*** Block opens ***

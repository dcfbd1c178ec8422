//! Words by number, and the ends of the lists.

use cob_base::Word;
use cob_words::{WordTable, left_out, reserved};
use std::test::Fail;

fn word(text: &[u8]) -> Result<Word, Fail> {
    Ok(Word::new(text).ok_or("no word")?)
}

#[test]
fn numbers_words(rt: HostRuntime) -> Result<(), Fail> {
    let mut table = WordTable::new(rt.alloc());
    assert_eq!(rt; table.add(word(b"total")?)?, 0);
    assert_eq!(rt; table.add(word(b"RATE")?)?, 1);
    assert_eq!(rt; table.add(word(b"TOTAL")?)?, 0);
    assert_eq!(rt; table.len(), 2);
    assert_eq!(rt; table.number_of(&word(b"Rate")?), Some(1));
    assert_eq!(rt; table.number_of(&word(b"MOVE")?), None);
    assert_eq!(rt; table.word_of(1).is_some(), true);
    assert_eq!(rt; table.word_of(2).is_some(), false);
    Ok(())
}

// A word, whether it is reserved, and whether it is left out.
const LISTED: [(&[u8], bool, bool); 12] = [
    (b"ACCESS", true, false),
    (b"move", true, false),
    (b"comp-3", true, false),
    (b"COMPUTATIONAL-3", true, false),
    (b"ACCEPT", false, true),
    (b"USE", false, true),
    (b"special-names", false, true),
    (b"SYNCHRONIZED", false, true),
    (b"ID", false, false),
    (b"X", false, false),
    (b"77", false, false),
    (b"CUSTOMER-NAME-OF-THE-LAST-YEAR", false, false),
];

#[test]
fn lists(rt: HostRuntime) -> Result<(), Fail> {
    for (text, is_reserved, is_left_out) in LISTED {
        let word = word(text)?;
        assert_eq!(rt;
            (reserved(&word), left_out(&word)),
            (is_reserved, is_left_out)
        );
    }
    Ok(())
}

*** Block closes ***

After the last line of the data, restate all the entries verbatim.

** Result for this task **
repository dcfbd1c178ec8422
//! Words by number, and the ends of the lists.

use cob_base::Word;
use cob_words::{WordTable, left_out, reserved};
use std::test::Fail;

fn word(text: &[u8]) -> Result<Word, Fail> {
    Ok(Word::new(text).ok_or("no word")?)
}

#[test]
fn numbers_words(rt: HostRuntime) -> Result<(), Fail> {
    let mut table = WordTable::new(rt.alloc());
    assert_eq!(rt; table.add(word(b"total")?)?, 0);
    assert_eq!(rt; table.add(word(b"RATE")?)?, 1);
    assert_eq!(rt; table.add(word(b"TOTAL")?)?, 0);
    assert_eq!(rt; table.len(), 2);
    assert_eq!(rt; table.number_of(&word(b"Rate")?), Some(1));
    assert_eq!(rt; table.number_of(&word(b"MOVE")?), None);
    assert_eq!(rt; table.word_of(1).is_some(), true);
    assert_eq!(rt; table.word_of(2).is_some(), false);
    Ok(())
}

// A word, whether it is reserved, and whether it is left out.
const LISTED: [(&[u8], bool, bool); 12] = [
    (b"ACCESS", true, false),
    (b"move", true, false),
    (b"comp-3", true, false),
    (b"COMPUTATIONAL-3", true, false),
    (b"ACCEPT", false, true),
    (b"USE", false, true),
    (b"special-names", false, true),
    (b"SYNCHRONIZED", false, true),
    (b"ID", false, false),
    (b"X", false, false),
    (b"77", false, false),
    (b"CUSTOMER-NAME-OF-THE-LAST-YEAR", false, false),
];

#[test]
fn lists(rt: HostRuntime) -> Result<(), Fail> {
    for (text, is_reserved, is_left_out) in LISTED {
        let word = word(text)?;
        assert_eq!(rt;
            (reserved(&word), left_out(&word)),
            (is_reserved, is_left_out)
        );
    }
    Ok(())
}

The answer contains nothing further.